The fingerprint of a dataset in a given state is an internal value computed by combining the fingerprint of the previous state and a hash of the latest transform that was applied. (Transforms are all the processing method for transforming a dataset that we listed in this chapter (datasets.Dataset.map(), datasets.Dataset.shuffle(), etc) The initial fingerprint is computed using a hash of the arrow table, or a hash of the arrow files if the dataset lives on disk.

For example:

>>> from datasets import Dataset
>>> dataset1 = Dataset.from_dict({"a": [0, 1, 2]})
>>> dataset2 = dataset1.map(lambda x: {"a": x["a"] + 1})
>>> print(dataset1._fingerprint, dataset2._fingerprint)
d19493523d95e2dc 5b86abacd4b42434

The new fingerprint is a combination of the previous fingerprint and the hash of the given transform. For a transform to be hashable, it needs to be picklable using dill or pickle. In particular for datasets.Dataset.map(), you need to provide a picklable processing method to apply on the dataset so that a determinist fingerprint can be computed by hashing the full state of the provided method (the fingerprint is computed taking into account all the dependencies of the method you provide). For non-hashable transform, a random fingerprint is used and a warning is raised. Make sure your transforms and parameters are serializable with pickle or dill for the dataset fingerprinting and caching to work. If you reuse a non-hashable transform, the caching mechanism will consider it to be different from the previous calls and recompute everything.

Enable or disable caching

Locally you can prevent the library from reloading a cached file by using load_from_cache=False in transforms like datasets.Dataset.map() for example. You can also specify the name of path where the cache file will be written using the parameter cache_file_name.

It is also possible to disable caching globally with datasets.set_caching_enabled().

If the caching is disabled, the library will no longer reload cached dataset files when applying transforms to the datasets.
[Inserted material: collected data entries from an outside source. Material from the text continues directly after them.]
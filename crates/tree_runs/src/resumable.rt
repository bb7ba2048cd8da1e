//! A deep merge that may be taken up again.

use merge_ends::Finished;
use page_file::no_component;
use refusal::NoMemory;
use run_cursor::Cursor;
use std::alloc::Global;

/// A cursor over C1' and one over C2. With their pages they are some 9 KB, so they go from call to call in a box.
#[derive(Debug, Drop)]
pub struct Cursors {
    /// The one over C1'.
    pub c1x: Cursor,
    /// The one over C2.
    pub c2: Cursor,
}

impl Cursors {
    /// Takes the memory for both, which are over no component yet, or tells that it was refused.
    ///
    /// It stays a call, so that the cursors aren't added to the frame of who reserves them.
    #[inline(never)]
    pub fn reserve(alloc: Global) -> Result<Box<Cursors>, NoMemory> {
        Ok(Box::new(
            alloc,
            Cursors {
                c1x: Cursor::start(&no_component()),
                c2: Cursor::start(&no_component()),
            },
        )?)
    }
}

/// What was finished of a deep merge, and the cursors over C1' and C2 with which it goes on behind that.
#[derive(Debug, Drop)]
pub struct Resumable {
    /// The finished pages, and how much of both was left, in bytes, above the greatest key that was taken.
    pub done: Finished,
    /// Each is at its component's first entry above that key, or at its end.
    pub inputs: Box<Cursors>,
}
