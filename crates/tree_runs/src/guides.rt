//! Filters and fences, one pair for the pages of each tag. A run's pair is filled while it is written, and stays under its tag: a swap
//! exchanges tags, and no pair.
ghost use Rattle.std.specs.Prelude.{◌≡◌, ◌<◌, ◌≤◌, ◌^◌, [], ℕ, Bool, List, Some, length, IfOk};
ghost use Rattle.blsm_model.specs.Components.{empty_component};
ghost use Rattle.blsm_model.specs.Geometry.{capacity};
ghost use Rattle.blsm_model.specs.Sizes.{Sizes};
ghost use Rattle.bloom_bits.specs.Filter.{rounded, HasKeys};
ghost use Rattle.record_delta.specs.Entries.{AreSorted, Entries};
ghost use Rattle.page_space.specs.Space.{SpaceState, role_count};
ghost use Rattle.page_file.specs.Component.{RunPage, ReadsAs};
ghost use Rattle.snow_merge.specs.Pass.{started};
ghost use Rattle.deep_merge.specs.Merge.{started as deep_started};
ghost use Rattle.tree_runs.specs.Runs.{AreGuides, IsReserved, PassRuns, DeepRuns, fresh_guide, fresh_guides, first_tags, deep_bits, empty_guide, emptied, guide_at, pass_bits, run_most};
ghost use Rattle.tree_runs.specs.Holding.{AreElsewhere, IsDeepOver, IsPassOver, KeepsOtherGuides};
ghost use Rattle.tree_runs.specs.Noting.{KeepsRooms, Notes};

use bloom_bits::{Fence, Fences, Filter};
use blsm_model::{Component, Geometry, Key};
use deep_merge::Deep;
use page_file::LEAST_FULL;
use page_space::Role;
use refusal::NoMemory;
use snow_merge::Snow;
use std::alloc::Global;
use std::marker::Model;

/// Where a page of a run begins: its number, and how many entries, of which weight in bytes, stand on the run's pages before it.
#[derive(Clone, Copy, PartialEq, Eq, Debug)]
pub struct PageStart {
    pub page: u32,
    pub entries: u64,
    pub weight: u64,
}

/// The filter and the fences of the pages that have one tag.
#[derive(Debug, Drop)]
pub struct Guide {
    pub(crate) filter: Filter,
    pub(crate) fences: Fences,
}

impl Model for Guide {
    ghost use Rattle.tree_runs.specs.Runs.{GuideState};

    ghost Value = { GuideState };

    ghost view = { λ g. record { filter = g.filter; fences = g.fences } };
}

impl Guide {
    // Room for the bits and the fences of a run of this weight, in bytes.
    fn reserve(alloc: Global, weight: u64) -> Result<Guide, NoMemory>
        requires { weight ≤ 2 ^ 33 }
        ensures { IfOk result (λ guide. guide ≡ fresh_guide weight) }
    {
        let pages = weight / u64::from(LEAST_FULL) + 1;
        Ok(Guide {
            filter: Filter::with_bits(alloc, weight)?,
            fences: Fences::reserve(alloc, pages as u32)?,
        })
    }

    // Takes all keys and fences out. The filter has so many bits then.
    fn begin(&mut self, bits: u64)
        requires { rounded bits ≤ self.old.filter.reserved }
        ensures begun { self.new ≡ empty_guide bits self.old }
        ensures none { HasKeys self.new.filter [] }
    {
        self.filter.reset(bits);
        self.fences.clear();
    }

    // Adds a key, and where a page begins with it that page's fence.
    fn note(&mut self, key: &Key, start: Option<PageStart>)
        ensures { Notes key.now start self.old self.new }
    {
        self.filter.add(key);
        let Some(start) = start else {
            return;
        };
        if self.fences.takes(key) {
            self.fences.push(Fence {
                first: key.copy(),
                page: start.page,
                entries: start.entries,
                weight: start.weight,
            });
        }
    }
}

// How much a pass's run weighs at most.
fn run_most(geo: &Geometry) -> u64
    ensures most { result ≡ run_most geo.now }
    ensures bound { result ≤ 2 ^ 33 }
{
    geo.c1_mark() + 3 * geo.half()
}

// Five pairs, one for each tag.
fn reserve_all(alloc: Global, geo: &Geometry, c1x: u64) -> Result<Vec<Guide>, NoMemory>
    requires { c1x ≤ capacity geo.now }
    ensures { IfOk result (λ guides. guides.items ≡ fresh_guides geo.now c1x) }
{
    let run = run_most(geo);
    let all = geo.capacity();
    let mut guides = Vec::with_capacity(alloc, Role::COUNT as usize)?;
    for weight in [run, run.max(c1x), all, run, all] {
        guides.push(Guide::reserve(alloc, weight)?)?;
    }
    Ok(guides)
}

/// The filters and the fences of a store that is being opened: those of C1, C1' and C2 have the tags 0, 1 and 2. They are reserved once its
/// geometry is known, and filled before the components begin with them.
#[derive(Debug, Drop)]
pub struct GuideRoom {
    pub(crate) guides: Vec<Guide>,
}

impl Model for GuideRoom {
    ghost use Rattle.std.specs.Prelude.{List};
    ghost use Rattle.tree_runs.specs.Runs.{GuideState};

    ghost Value = { List GuideState };

    ghost view = { λ r. r.guides.items };
}

impl GuideRoom {
    /// Takes the memory for all that a store may come to whose C1' weighs so many bytes, or tells that it was refused: for each of five tags a
    /// filter with as many bits as the heaviest run that may have the tag weighs bytes, and the fences of as many pages as so much may fill. For C2
    /// and the deep merge's run that is as much as the components may weigh, for C1, C1' and the pass's run C1's mark and three half springs. A C1'
    /// that was read may be heavier than these, and has the room that it needs.
    pub fn reserve(alloc: Global, geo: &Geometry, c1x: u64) -> Result<GuideRoom, NoMemory>
        requires { c1x ≤ capacity geo.now }
        ensures guides { IfOk result (AreGuides geo.now first_tags) }
        ensures c1x { IfOk result (λ guides. IsReserved c1x (guide_at guides first_tags.c1x)) }
    {
        Ok(GuideRoom {
            guides: reserve_all(alloc, geo, c1x)?,
        })
    }

    /// None, for a reading that wants none: what is noted there is kept nowhere.
    pub fn none(alloc: Global) -> GuideRoom
        ensures { result ≡ [] }
    {
        GuideRoom {
            guides: Vec::new(alloc),
        }
    }

    /// Takes all keys and fences out of what a tag has, before the pages of a run are read that has it. Its filter has so many bits then; as many
    /// as the run weighs bytes make it tell keys apart.
    pub fn begin(&mut self, role: Role, bits: u64)
        requires { role < length self.old → rounded bits ≤ (guide_at self.old role).filter.reserved }
        ensures begun { role < length self.old → (guide_at self.new role ≡ empty_guide bits (guide_at self.old role)) × HasKeys
            (guide_at self.new role).filter [] }
        ensures rooms { KeepsRooms role self.old self.new }
    {
        let place = role.number() as usize;
        if place < self.guides.len() {
            self.guides[place].begin(bits);
        }
    }

    /// Notes the key that comes next on the pages of a tag, and where a page begins with it that page. There is a fence for it where there is room
    /// for one more and its key is above those of the pages before: so no fence is kept that a damaged component has too many of. It takes no memory.
    pub fn note(&mut self, role: Role, key: &Key, start: Option<PageStart>)
        ensures notes { role < length self.old → Notes key.now start (guide_at self.old role) (guide_at self.new role) }
        ensures rooms { KeepsRooms role self.old self.new }
    {
        let place = role.number() as usize;
        if place < self.guides.len() {
            self.guides[place].note(key, start);
        }
    }
}

// A pass over C1 that has taken nothing, and whose run's filter and fences are empty.
pub(crate) fn begin_snow(
    geo: &Geometry,
    c1: &Component,
    memory: u64,
    role: Role,
    guides: &mut Vec<Guide>,
) -> Snow
    requires five { length guides.old.items ≡ role_count }
    requires room { IsReserved (run_most geo.now) (guide_at guides.old.items role) }
    requires empty { c1.now.pages ≡ 0 → c1.now ≡ empty_component }
    ensures started { result ≡ started role c1.now }
    ensures guides { guides.new.items ≡ emptied role (pass_bits geo.now c1.now memory) guides.old.items }
    ensures others { KeepsOtherGuides role guides.old.items guides.new.items }
    ensures running { (sizes : Sizes) (honest : Bool) (file : List ℕ) (space : SpaceState) → PassRuns sizes honest file space (guide_at guides.new.items role) (Some result) }
    ensures pass { (sizes : Sizes) (file : List ℕ) (space : SpaceState) (a : Entries) (pages : List RunPage) → AreSorted a
        → ReadsAs sizes c1.now pages file → AreElsewhere space role pages
        → IsPassOver sizes file space (guide_at guides.new.items role) (Some result) a pages }
{
    let weight = c1.weight.saturating_add(memory).saturating_add(geo.half());
    let bits = weight.min(run_most(geo));
    let guide = &mut guides[role.number() as usize];
    Snow::begin(c1, role, bits, &mut guide.filter, &mut guide.fences)
}

// A deep merge of C1' and C2 that has taken nothing, and whose run's filter and fences are empty.
pub(crate) fn begin_deep(
    geo: &Geometry,
    c1x: &Component,
    c2: &Component,
    role: Role,
    guides: &mut Vec<Guide>,
) -> Deep
    requires five { length guides.old.items ≡ role_count }
    requires room { IsReserved (capacity geo.now) (guide_at guides.old.items role) }
    requires newer { c1x.now.pages ≡ 0 → c1x.now ≡ empty_component }
    requires older { c2.now.pages ≡ 0 → c2.now ≡ empty_component }
    ensures started { result ≡ deep_started role c1x.now c2.now }
    ensures guides { guides.new.items ≡ emptied role (deep_bits geo.now c1x.now c2.now) guides.old.items }
    ensures others { KeepsOtherGuides role guides.old.items guides.new.items }
    ensures running { (sizes : Sizes) (honest : Bool) (file : List ℕ) (space : SpaceState) → DeepRuns sizes honest file space (guide_at guides.new.items role) (Some result) }
    ensures merge { (sizes : Sizes) (file : List ℕ) (space : SpaceState) (newer older : List RunPage)
        → ReadsAs sizes c1x.now newer file → AreElsewhere space role newer → ReadsAs sizes c2.now older file → AreElsewhere space role older
        → IsDeepOver sizes file space (guide_at guides.new.items role) (Some result) newer older }
{
    let bits = c1x.weight.saturating_add(c2.weight).min(geo.capacity());
    let guide = &mut guides[role.number() as usize];
    Deep::begin(c1x, c2, role, bits, &mut guide.filter, &mut guide.fences)
}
More precisely, if the caching is disabled: - cache files are always recreated - cache files are written to a temporary directory that is deleted when session closes - cache files are named using a random hash instead of the dataset fingerprint - use datasets.Dataset.save_to_disk() to save a transformed dataset or it will be deleted when session closes - caching doesn’t affect datasets.load_dataset(). If you want to regenerate a dataset from scratch you should use the download_mode parameter in datasets.load_dataset().
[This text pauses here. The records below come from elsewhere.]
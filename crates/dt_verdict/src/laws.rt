//! A law of verdicts: a public function whose contract is the law, and whose body is empty.

ghost use Rattle.std.specs.Prelude.{◌≡◌, ℕ, List};
ghost use Rattle.dt_model.specs.declared.options.Options.{Options};
ghost use Rattle.dt_verdict.specs.Verdicts.{Verdict, IsVerdict};

/// Files have exactly one verdict.
pub fn law_one_verdict()
    ensures one { (options : Options) (texts : List (List ℕ)) (one other : Verdict) → IsVerdict options texts one
        → IsVerdict options texts other → one ≡ other }
    ensures some { (options : Options) (texts : List (List ℕ)) → (verdict : Verdict) × IsVerdict options texts verdict }
{}
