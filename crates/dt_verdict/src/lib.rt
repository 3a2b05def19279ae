//! The verdict of pattern files: they are kept, or refused for what they break first.
#![tactic(auto)]

pub mod laws;
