//! The run of a layout's image under switches that settle late: each stroke of a key types once.
//!
//! This layer has laws alone. It joins the joint run under any edges (`law_agreement`) with the model under contacts that bounce
//! (`law_keys_settle`), and says what INT 09h reads then. It must not know how a run is made. A stamp is a cycle of 2.5
//! microseconds. Source: our own.
#![tactic(auto)]

ghost use Rattle.law_switches_settle.specs.Reading.{StrokesAreRead};
ghost use Rattle.law_switches_settle.specs.Running.{BouncesRunClean, SwitchesRunClean};

use law_agreement::goes_on_from_any_start;
use law_keys_bounce::keys_may_bounce;
use law_keys_settle::switches_type_once;
use law_link_times::{nothing_comes_twice, nothing_is_read_twice};

/// Let a layout have a debounce, let each contact show its key except for 6,000 cycles (15 milliseconds) after each of the
/// key's edges, and let two edges of one key be at least 10,300 cycles (25.75 milliseconds) apart. Let each tick show at most
/// four changed keys; so it is if in any 2,225 cycles (5.6 milliseconds) at most four contacts move. Then at each tick start of
/// the joint run of the layout's compiled image, data memory shows the keyboard of the model without a debounce, and what was
/// said is what that model says, under the same keys without bouncing, where each edge comes up to 10,300 cycles later. The
/// host may do what it likes, and the part may hold anything when it is switched on. Nothing is done when it is called; the
/// laws are its contract.
pub fn switches_run_clean()
    ensures run { SwitchesRunClean }
    ensures bounces { BouncesRunClean }
{
    goes_on_from_any_start();
    keys_may_bounce();
}

/// In such a run, if the host only takes words and reads the status: up to each tick start INT 09h has read just what the
/// controller put out for the bytes that came, each once. What comes in a tick are the codes of the edges that it takes, of a
/// held key that repeats, and the AA of the test's end, each once. What is taken of a key are its own edges, each once and in
/// their order: all that are 10,300 cycles old, and none that hasn't come. So a stroke is one make and one break, however the
/// contact bounces. Nothing is done when it is called; the law is its contract.
pub fn strokes_are_read()
    ensures read { StrokesAreRead }
{
    switches_type_once();
    nothing_comes_twice();
    nothing_is_read_twice();
}
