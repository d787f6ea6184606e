//! Whoever keeps copies of the files of pads.
ghost use Rattle.std.specs.Prelude.{◌≡◌, ◌++◌, [], ℕ, List, OnOk, Option};
ghost use Rattle.std.specs.Io.KnownBytes.{Appends};
ghost use Rattle.file_copies.specs.Requests.{line_of, sync_data};
ghost use Rattle.file_copies.specs.Rounds.{stretch_bytes};

use file_copies::HeardMark;
use pad_model::Name;
use sessions::Word;
use std::alloc::Global;
use wire_lines::Fault;

/// The place that the copy of a pad's file has reached.
#[derive(Debug, Drop)]
pub struct CopyPlace {
    pub pad: Name,
    /// The number of its bytes.
    pub bytes: u64,
    /// The sum of its last line.
    pub sum: Word,
}

/// An answer of whoever keeps copies.
#[derive(Debug, Drop)]
pub enum CopiesAnswer {
    /// Everything up to a mark is kept, as whoever keeps the copies has said.
    Kept(HeardMark),
    /// Nothing is kept any more, for the reason with this number: the copy has another past, there is no room or no memory
    /// for more, or it is no copy any more, since a server runs on it.
    Refused { code: u64 },
}

/// Whoever keeps copies of the files of pads: a standby over the network, or a list in memory in tests. A round is some calls
/// of `put`, at most one for each pad, then `flush` and `hear`.
pub trait Copies {
    /// The bytes of the round so far.
    ghost round: { Self → List ℕ };

    /// The bytes that were written to whoever keeps the copies, where they are known.
    ghost written: { Self → Option (List ℕ) };

    /// Returns the place of each copy, for those that have anything. None: whoever is asked keeps no copies.
    fn begin(&mut self, alloc: Global) -> Result<Option<Vec<CopyPlace>>, Fault>;

    /// Adds bytes of a pad's file to the round. They stand there from byte `from` on, and are whole lines.
    fn put(&mut self, alloc: Global, pad: &Name, from: u64, lines: &[u8]) -> Result<(), Fault>
        ensures put { OnOk result (Self.round self.new ≡ Self.round self.old ++ stretch_bytes pad.now from lines.now) };

    /// Ends the round, which belongs to this mark.
    fn flush(&mut self, alloc: Global, mark: u64) -> Result<(), Fault>
        ensures written { OnOk result (Appends (Self.written self.old) (Self.written self.new)
            (Self.round self.old ++ line_of (sync_data mark))) }
        ensures empty { OnOk result (Self.round self.new ≡ []) };

    /// Waits until the round is kept or refused.
    fn hear(&mut self, alloc: Global) -> Result<CopiesAnswer, Fault>;
}
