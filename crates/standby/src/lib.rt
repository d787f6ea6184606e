//! A standby: the copy of a server's store on another machine, and the two ends of the connection between them.
//!
//! It depends on `store_files` for the files on both sides and on `file_copies` for the lines between them. It knows nothing
//! of clients, and nothing of peers but their numbers, tokens and addresses.
#![tactic(auto)]

mod connect;
mod copies;
mod link;
mod rounds;
mod seat;
mod sending;
mod taking;

pub use copies::{Copies, CopiesAnswer, CopyPlace};
pub use link::StandbyLink;
pub use rounds::{Broken, Rounds};
pub use seat::{CopyingSeat, SocketConversation};
pub use sending::{SendingEnd, send_copies};
pub use taking::{Left, StandbyConversation, StandbyDoor, StandbyRefusal};
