//! The connection of a main server to its standby.
use crate::copies::{Copies, CopiesAnswer, CopyPlace};
use file_copies::{StandbyAnswer, StandbyRequest, put_stretch};
use pad_model::{Name, Refusal};
use std::alloc::Global;
use wire_lines::{Fault, FoundLine, LineBuffer, Sink, Source, write_all};

/// A connection to a standby, over a reader and a writer, after the greeting.
#[derive(Drop)]
pub struct StandbyLink<R, W> {
    reader: R,
    writer: W,
    buffer: LineBuffer,
    // The round that is being put together: it goes out in one write.
    round: Vec<u8>,
}

impl<R: Source, W: Sink> StandbyLink<R, W> {
    /// A link over which nothing was sent but the greeting.
    pub fn new(alloc: Global, reader: R, writer: W) -> Result<StandbyLink<R, W>, Fault>
    where
        R: Drop,
        W: Drop,
    {
        Ok(StandbyLink {
            reader,
            writer,
            buffer: LineBuffer::new(alloc)?,
            round: Vec::new(alloc),
        })
    }

    /// Returns the reader and the writer.
    pub fn into_parts(self) -> (R, W) {
        let StandbyLink { reader, writer, .. } = self;
        (reader, writer)
    }

    // Waits for the next answer.
    fn answer(&mut self, alloc: Global) -> Result<StandbyAnswer, Fault> {
        match self.buffer.find_line(&mut self.reader)? {
            FoundLine::Text => {}
            FoundLine::TooLong | FoundLine::End => return Err(Fault::PeerReply),
        }
        match StandbyAnswer::read(alloc, self.buffer.line()) {
            Ok(answer) => Ok(answer),
            Err(Refusal::Memory) => Err(Fault::Memory),
            Err(_) => Err(Fault::PeerReply),
        }
    }
}

impl<R: Source, W: Sink> Copies for StandbyLink<R, W> {
    ghost round = { λ l. l.round.items };

    ghost written = { λ l. W.contents l.writer };

    fn begin(&mut self, alloc: Global) -> Result<Option<Vec<CopyPlace>>, Fault> {
        let line = StandbyRequest::Copies.line(alloc)?;
        write_all(&mut self.writer, line.as_bytes())?;
        let mut places = Vec::new(alloc);
        for _ in 0..u64::MAX {
            match self.answer(alloc)? {
                StandbyAnswer::Copy { pad, bytes, sum } => places.push(CopyPlace {
                    pad,
                    bytes,
                    sum,
                })?,
                StandbyAnswer::Told => return Ok(Some(places)),
                StandbyAnswer::Refused { .. } => return Ok(None),
                StandbyAnswer::Kept { .. } => return Err(Fault::PeerReply),
            }
        }
        Err(Fault::PeerReply)
    }

    fn put(&mut self, alloc: Global, pad: &Name, from: u64, lines: &[u8]) -> Result<(), Fault> {
        Ok(put_stretch(alloc, &mut self.round, pad, from, lines)?)
    }

    fn flush(&mut self, alloc: Global, mark: u64) -> Result<(), Fault> {
        let line = StandbyRequest::Sync { mark }.line(alloc)?;
        self.round.extend_from_slice(line.as_bytes())?;
        write_all(&mut self.writer, self.round.as_slice())?;
        self.round.clear();
        Ok(())
    }

    fn hear(&mut self, alloc: Global) -> Result<CopiesAnswer, Fault> {
        let answer = self.answer(alloc)?;
        match (answer.heard(), answer) {
            (Some(heard), _) => Ok(CopiesAnswer::Kept(heard)),
            (None, StandbyAnswer::Refused { code }) => Ok(CopiesAnswer::Refused { code }),
            (None, _) => Err(Fault::PeerReply),
        }
    }
}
To disable caching you can run:

>>> from datasets import set_caching_enabled
>>> set_caching_enabled(False)

You can also query the current status of the caching with datasets.is_caching_enabled():

Mapping in a distributed setting

In a distributed setting, you may use caching and a torch.distributed.barrier() to make sure that only the main process performs the mapping, while the other ones load its results. This avoids duplicating work between all the processes, or worse, requesting more CPUs than your system can handle. For example:

>>> from datasets import Dataset
>>> import torch.distributed
>>>
>>> dataset1 = Dataset.from_dict({"a": [0, 1, 2]})
>>>
>>> if training_args.local_rank > 0:
...     print("Waiting for main process to perform the mapping")
...     torch.distributed.barrier()
>>>
>>> dataset2 = dataset1.map(lambda x: {"a": x["a"] + 1})
>>>
>>> if training_args.local_rank == 0:
...     print("Loading results from main process")
...     torch.distributed.barrier()

When it encounters a barrier, each process will stop until all other processes have reached the barrier. The non-main processes reach the barrier first, before the mapping, and wait there. The main processes creates the cache for the processed dataset. It then reaches the barrier, at which point the other processes resume, and load the cache instead of performing the processing themselves.